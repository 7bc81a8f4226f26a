// The laws of the grammar. A machine with a stack reads the tokens of a file one by one. It comes to a tree exactly where
// the grammar has one, and to no other tree. It takes: trees and the grammar. It promises: the laws below, for every list
// of tokens. Nothing here runs; the code of the machine stands above.
#![tactic(auto)]

ghost use Rattle.std.specs.Prelude.{◌≡◌, ℕ, suc, ◌+◌, ◌*◌, ◌<◌, ◌≤◌, ◌++◌, List, [], ◌∷◌, Some, None, length};
ghost use Rattle.dae_tree.specs.Depth.{first_deeper, nodes_file};
ghost use Rattle.dae_tree.specs.Marks.{TokenMark};
ghost use Rattle.dae_tree.specs.Names.{Names, after_parameters};
ghost use Rattle.dae_tree.specs.Statements.{IsTreeOf, spell_external};
ghost use Rattle.dae_tree.specs.Trees.{External, Parameters};
ghost use Rattle.dae_parse_grammar.specs.FirstPlaces.{firsts_file};
ghost use Rattle.dae_parse_grammar.specs.Frames.{ParserState};
ghost use Rattle.dae_parse_grammar.specs.Machine.{begun, ended, onto, step};
ghost use Rattle.dae_parse_grammar.specs.Measure.{measure};
ghost use Rattle.dae_parse_grammar.specs.Runs.{run};
ghost use Rattle.dae_parse_grammar.specs.Standing.{Holds};
ghost use Rattle.dae_parse_grammar.specs.Stuck.{stuck};
ghost use Rattle.dae_parse_grammar.specs.Taken.{tokens_of};

/// Each tree of the grammar is read from the tokens that it spells.
pub fn trees_are_read()
    ensures { (tokens : List TokenMark) (file : List External) → IsTreeOf tokens file
        → (turns : ℕ) × (names : Names) × (run turns (begun tokens) ≡ ended (onto file []) names) }
{}

/// What is read to the end is a tree of the grammar that spells the tokens.
pub fn what_is_read_is_a_tree()
    ensures { (tokens : List TokenMark) (turns : ℕ) (before : List External) (names : Names)
        → run turns (begun tokens) ≡ ended before names → IsTreeOf tokens (onto before []) }
{}

/// Tokens have at most one tree.
pub fn trees_are_unique()
    ensures { (tokens : List TokenMark) (a b : List External) → IsTreeOf tokens a
        → IsTreeOf tokens b
        → a ≡ b }
{}

/// Where the machine stops on tokens that have a tree, it has read that tree to the end.
pub fn stops_behind_a_tree()
    ensures { (tokens : List TokenMark) (turns : ℕ) (s : ParserState) → run turns (begun tokens) ≡ s
        → step s ≡ None → (file : List External) → IsTreeOf tokens file
        → (names : Names) × (s ≡ ended (onto file []) names) }
{}

/// Each step lowers a number, so that the machine stops within twelve steps a token and nine.
pub fn runs_are_short()
    ensures falls { (s t : ParserState) → step s ≡ Some t → measure t < measure s }
    ensures stops { (tokens : List TokenMark) (turns : ℕ) → 12 * length tokens + 9 ≤ turns
        → step (run turns (begun tokens)) ≡ None }
{}

/// The first node deeper than a limit is the first at the depth behind it. The depth of what stands at file scope is 1.
pub fn too_deep_is_one_past_the_limit()
    ensures { (file : List External) (limit : ℕ)
        → first_deeper limit (nodes_file file) ≡ firsts_file file limit }
{}

/// A declaration or definition spells as many tokens before others as alone.
pub fn lengths_add()
    ensures { (x : External) (rest : List TokenMark)
        → length (spell_external x rest) ≡ length (spell_external x []) + length rest }
{}

/// What is read of tokens is of the grammar, with the names in scope where it stands.
pub fn what_is_read_stands()
    ensures { (tokens : List TokenMark) (turns : ℕ) → Holds (run turns (begun tokens)) }
{}

/// The tokens that were taken and those that are left are the tokens of the file.
pub fn tokens_are_kept()
    ensures { (tokens : List TokenMark) (turns : ℕ)
        → tokens_of (run turns (begun tokens)) ≡ tokens }
{}

/// Parameters add names that do not depend on the names before.
pub fn parameters_add_names()
    ensures { (parameters : Parameters) (names : Names)
        → after_parameters parameters names ≡ after_parameters parameters [] ++ names }
{}

/// Where the machine can step behind a run, the run one longer comes to where that step does.
pub fn runs_go_on()
    ensures { (tokens : List TokenMark) (turns : ℕ) (t : ParserState)
        → step (run turns (begun tokens)) ≡ Some t → run (suc turns) (begun tokens) ≡ t }
{}

/// Where the machine is stuck at a token, no file begins with the tokens up to it.
pub fn nothing_goes_on()
    ensures { (before : List TokenMark) (t : TokenMark) (rest : List TokenMark) (turns : ℕ)
        → step (run turns (begun (before ++ t ∷ rest))) ≡ None
        → stuck (run turns (begun (before ++ t ∷ rest))) ≡ t ∷ rest
        → (more : List TokenMark) (file : List External) → ¬ IsTreeOf (before ++ t ∷ more) file }
{}
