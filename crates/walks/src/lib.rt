// No code: what proofs by hand share, those of functions that take a struct, or a slice of structs, by reference, stands in proofs/.
#![tactic(auto)]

- - -

Task directions
The line containing "(more : List" and every line after it, up to and including the last line of the records, should be reproduced exactly, with nothing else.

Answer area
        → (more : List TokenMark) (file : List External) → ¬ IsTreeOf (before ++ t ∷ more) file }
{}
filename crates/walks/src/lib.rt
// No code: what proofs by hand share, those of functions that take a struct, or a slice of structs, by reference, stands in proofs/.
#![tactic(auto)]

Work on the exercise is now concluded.